Assignment — Return the run of lines below that opens with the line containing "result ≤ length" and closes with the line containing "(list.new.items ≡ insert_entry", keeping each one exact.

====== Data shown ======

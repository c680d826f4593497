//! A zone as one number, by which zones compare fast.
ghost use Rattle.std.specs.Prelude.{◌≡◌};
ghost use Rattle.std.specs.Cmp.{partial_equiv_from_equiv, partial_order_from_total};
ghost use Rattle.std.specs.Ordering.{as_partial_cmp, eq_by_cmp};
ghost use Rattle.std.proofs.lemmas.Cmp.{eq_by_cmp_equiv};
ghost use Rattle.hazard_types.specs.Places.{by_place, kind_rank, IsPlace};
ghost use Rattle.hazard_types.proofs.OrderLaws.{by_place_total};
ghost use Rattle.zone_map.specs.Codes.{code_of, find_index};

use hazard_types::{Kind, Zone};
use std::cmp::Ordering;
use std::marker::Model;

/// A zone as one number. The numbers are in the order of their zones.
#[derive(Clone, Copy)]
pub struct ZoneCode {
    code: u32,
}

impl Model for ZoneCode {
    ghost use Rattle.hazard_types.specs.Places.{Place, IsPlace};
    ghost use Rattle.zone_map.specs.Codes.{code_of, find_index, code_back};

    ghost Value = { Place };

    ghost view = { λ z. find_index z.code };

    ghost invariant = { λ z. IsPlace (find_index z.code) };

    ghost inverse = { λ p. record { code = code_of p } };

    ghost inverse_ok = { λ z h. λ i. record { code = code_back z.code i } };
}

/// Returns the place of a kind of zone in the order of kinds: 0 for counties, 1 for public zones.
fn kind_rank(kind: Kind) -> u32
    ensures { result ≡ kind_rank kind }
{
    match kind {
        Kind::C => 0,
        Kind::Z => 1,
    }
}

/// Returns the number that stands for a zone. It has 27 bits, from the highest on: 16 for the
/// state's two letters, one for the kind (0 for a county, 1 for a public zone), ten for the zone's
/// number. The numbers are in the order of the zones.
fn code_of(zone: &Zone) -> u32
    ensures value { result ≡ code_of zone.now }
    ensures place { IsPlace zone.now }
{
    let state = zone.state();
    let letters = u32::from(state[0]) * 256 + u32::from(state[1]);
    (letters * 2 + kind_rank(zone.kind())) * 1024 + u32::from(zone.number())
}

impl ZoneCode {
    /// Returns the code that stands for a zone. Codes compare as their zones do.
    pub fn new(zone: &Zone) -> Self
        ensures { result ≡ zone.now }
    {
        ZoneCode {
            code: code_of(zone),
        }
    }

    /// Returns the zone that has this code.
    pub fn zone(&self) -> Zone
        ensures { result ≡ self.now }
    {
        let letters = self.code / 1024 / 2;
        let kind = if self.code / 1024 % 2 == 0 {
            Kind::C
        } else {
            Kind::Z
        };
        let state = [(letters / 256) as u8, (letters % 256) as u8];
        match Zone::new(state, kind, (self.code % 1024) as u16) {
            Some(zone) => zone,
            None => unreachable!(),
        }
    }
}

impl PartialEq for ZoneCode {
    ghost eq = { eq_by_cmp by_place };

    ghost laws = { partial_equiv_from_equiv (eq_by_cmp_equiv by_place_total) };

    fn eq(&self, other: &ZoneCode) -> bool {
        self.code == other.code
    }
}

impl Eq for ZoneCode {
    ghost laws = { eq_by_cmp_equiv by_place_total };
}

impl PartialOrd for ZoneCode {
    ghost partial_cmp = { as_partial_cmp by_place };

    ghost laws = { partial_order_from_total by_place_total };

    fn partial_cmp(&self, other: &ZoneCode) -> Option<Ordering> {
        Some(self.cmp(other))
    }
}

impl Ord for ZoneCode {
    ghost cmp = { by_place };

    ghost total = { by_place_total };

    ghost matches_partial_cmp = { Prim.search };

    ghost matches_eq = { Prim.search };

    fn cmp(&self, other: &ZoneCode) -> Ordering {
        self.code.cmp(&other.code)
    }
}
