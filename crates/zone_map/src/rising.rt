//! Looks up and sets values in a list of entries, which is sorted by zone.
ghost use Rattle.std.specs.Prelude.{◌≡◌, ◌≤◌, true, length, None, MatchOption, OnOk};
ghost use Rattle.std.specs.BTreeMap.{insert_entry, is_at};
ghost use Rattle.std.specs.List.Sorted.{IsStrictlySortedBy};
ghost use Rattle.std.specs.Map.{keys_of, lookup};
ghost use Rattle.hazard_types.specs.Places.{by_place};
ghost use Rattle.zone_map.specs.Rising.{comes_after_all, is_seat, is_entry_at};

use crate::code::ZoneCode;
use hazard_types::Oom;

/// How many entries are moved at most for a new one that comes before them.
const FEW: usize = 64;

/// Whether `list` has an entry at index `place` and it is that of the zone.
fn is_entry_at<V: Copy>(list: &[(ZoneCode, V)], place: usize, zone: &ZoneCode) -> bool
    ensures { result ≡ is_entry_at list.now place zone.now }
{
    match list.get(place) {
        Some(entry) => zone.cmp(&entry.0).is_eq(),
        None => false,
    }
}

/// Returns the index of a zone's entry in `list`, which must be in the order of zones, or `None` if
/// it has none. `near` is a guess of the index, which is tried first.
fn find_index<V: Copy>(list: &[(ZoneCode, V)], near: usize, zone: &ZoneCode) -> Option<usize>
    requires { IsStrictlySortedBy by_place (keys_of list.now) }
    ensures { MatchOption result (lookup (is_at (by_place zone.now)) list.now ≡ None)
        (λ place. is_entry_at list.now place zone.now ≡ true) }
{
    if is_entry_at(list, near, zone) {
        return Some(near);
    }
    match list.binary_search_by_key(zone, |entry| entry.0) {
        Ok(place) => Some(place),
        Err(_) => None,
    }
}

/// Returns the value of a zone in `list`, which must be in the order of zones, or `None` if it has
/// none. `near` is a guess of the index of its entry, which is tried first, and becomes the index
/// after the entry if there is one.
pub fn value_near<V: Copy>(list: &[(ZoneCode, V)], near: &mut usize, zone: &ZoneCode) -> Option<V>
    requires { IsStrictlySortedBy by_place (keys_of list.now) }
    ensures { result ≡ lookup (is_at (by_place zone.now)) list.now }
{
    match find_index(list, *near, zone) {
        Some(place) => {
            *near = place.saturating_add(1);
            Some(list[place].1)
        }
        None => None,
    }
}

/// Whether a zone comes after the zone of the last entry of `list`, which is in the order of zones,
/// or `list` is empty.
fn comes_after_all<V: Copy>(list: &[(ZoneCode, V)], zone: &ZoneCode) -> bool
    ensures { result ≡ comes_after_all list.now zone.now }
{
    match list.last() {
        Some(last) => last.0.cmp(zone).is_lt(),
        None => true,
    }
}

/// Returns the index of a zone's entry in `list`, which must be in the order of zones, or the index
/// at which the entry belongs if the zone has none. `near` is a guess of the index, which is tried
/// first.
pub fn seat_of<V: Copy>(list: &[(ZoneCode, V)], near: usize, zone: &ZoneCode) -> usize
    requires { IsStrictlySortedBy by_place (keys_of list.now) }
    ensures seat { is_seat list.now result zone.now ≡ true }
    ensures within { result ≤ length list.now }
{
    if is_entry_at(list, near, zone) {
        return near;
    }
    if comes_after_all(list, zone) {
        return list.len();
    }
    match list.binary_search_by_key(zone, |entry| entry.0) {
        Ok(place) => place,
        Err(place) => place,
    }
}

/// Whether the zone's entry in `list` is at index `seat`, or at most 64 entries are at `seat` or
/// after it, which would move if it were inserted there. `seat` must be the length of `list` or
/// less.
pub fn has_room<V: Copy>(list: &[(ZoneCode, V)], seat: usize, zone: &ZoneCode) -> bool
    requires { seat ≤ length list.now }
{
    list.len() - seat <= FEW || is_entry_at(list, seat, zone)
}

/// Sets the value of a zone in `list`, which must be in the order of zones. `seat` must be the
/// index of the zone's entry, or that at which the entry belongs and is inserted if there is none.
/// `before` becomes the value that the zone had, or `None` if it had none.
///
/// # Errors
///
/// Out of memory; the list is as before.
pub fn set_at<V: Copy>(
    list: &mut Vec<(ZoneCode, V)>,
    seat: usize,
    zone: &ZoneCode,
    value: V,
    before: &mut Option<V>,
) -> Result<(), Oom>
    requires sorted { IsStrictlySortedBy by_place (keys_of list.old.items) }
    requires seat { is_seat list.old.items seat zone.now ≡ true }
    requires within { seat ≤ length list.old.items }
    ensures set { OnOk result
        (list.new.items ≡ insert_entry by_place list.old.items zone.now value) }
    ensures before { OnOk result (before.new ≡ lookup (is_at (by_place zone.now)) list.old.items) }
    ensures sorted { IsStrictlySortedBy by_place (keys_of list.new.items) }
{
    if is_entry_at(list, seat, zone) {
        *before = Some(list[seat].1);
        list[seat] = (*zone, value);
        return Ok(());
    }
    *before = None;
    list.insert(seat, (*zone, value))?;
    Ok(())
}
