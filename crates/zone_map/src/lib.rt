//! A map by zone, fast for look-ups in order.
//!
//! For crates that hold a value in many zones. One begins with `ZoneMap::set`, `ZoneMap::get` and
//! `ZoneMap::list`.
#![tactic(auto)]

mod code;
mod map;
mod rising;

pub use map::ZoneMap;
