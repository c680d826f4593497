//! What is printed for the line of a product.
use event_life::{Breach, Life};
use hazard_types::{Oom, end_text, stamp};
use std::alloc::{AllocError, Global};
use worked_lines::text_of;

/// Appends a line with what a life, the row of an event in a zone, says: its period `BEGIN-END`,
/// then after blanks the code of the location of its flood values, if any, and `ended` if a line
/// has ended it. BEGIN and END are stamps such as `180103T1530Z`; END is `000000T0000Z` for until
/// further notice.
fn push_life(out: &mut String, life: &Life) -> Result<(), AllocError> {
    out.push_str(text_of(&stamp(life.period.begin)))?;
    out.push('-')?;
    out.push_str(text_of(&end_text(&life.period.end)))?;
    if let Some(flood) = &life.flood {
        out.push(' ')?;
        out.push_str(text_of(&flood.site))?;
    }
    if life.ended {
        out.push_str(" ended")?;
    }
    out.push('\n')
}

/// Returns what is printed for the outcome of a line: the period of the life that it leaves, with
/// the flood location and `ended` where they apply, or the debug form of its breach. `None` is for
/// a line that has no outcome, as a routine line, and gives `touches no life`.
///
/// # Errors
///
/// Out of memory.
pub fn answer_text(alloc: Global, found: &Option<Result<Life, Breach>>) -> Result<String, Oom> {
    match found {
        Some(Ok(life)) => {
            let mut out = String::new(alloc);
            push_life(&mut out, life)?;
            Ok(out)
        }
        Some(Err(breach)) => Ok(format!(in alloc; "{breach:?}\n")?),
        None => Ok(String::from_str(alloc, "touches no life\n")?),
    }
}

======

Answer —
    ensures within { result ≤ length list.now }
{
    if is_entry_at(list, near, zone) {
        return near;
    }
    if comes_after_all(list, zone) {
        return list.len();
    }
    match list.binary_search_by_key(zone, |entry| entry.0) {
        Ok(place) => place,
        Err(place) => place,
    }
}

/// Whether the zone's entry in `list` is at index `seat`, or at most 64 entries are at `seat` or
/// after it, which would move if it were inserted there. `seat` must be the length of `list` or
/// less.
pub fn has_room<V: Copy>(list: &[(ZoneCode, V)], seat: usize, zone: &ZoneCode) -> bool
    requires { seat ≤ length list.now }
{
    list.len() - seat <= FEW || is_entry_at(list, seat, zone)
}

/// Sets the value of a zone in `list`, which must be in the order of zones. `seat` must be the
/// index of the zone's entry, or that at which the entry belongs and is inserted if there is none.
/// `before` becomes the value that the zone had, or `None` if it had none.
///
/// # Errors
///
/// Out of memory; the list is as before.
pub fn set_at<V: Copy>(
    list: &mut Vec<(ZoneCode, V)>,
    seat: usize,
    zone: &ZoneCode,
    value: V,
    before: &mut Option<V>,
) -> Result<(), Oom>
    requires sorted { IsStrictlySortedBy by_place (keys_of list.old.items) }
    requires seat { is_seat list.old.items seat zone.now ≡ true }
    requires within { seat ≤ length list.old.items }
    ensures set { OnOk result
        (list.new.items ≡ insert_entry by_place list.old.items zone.now value) }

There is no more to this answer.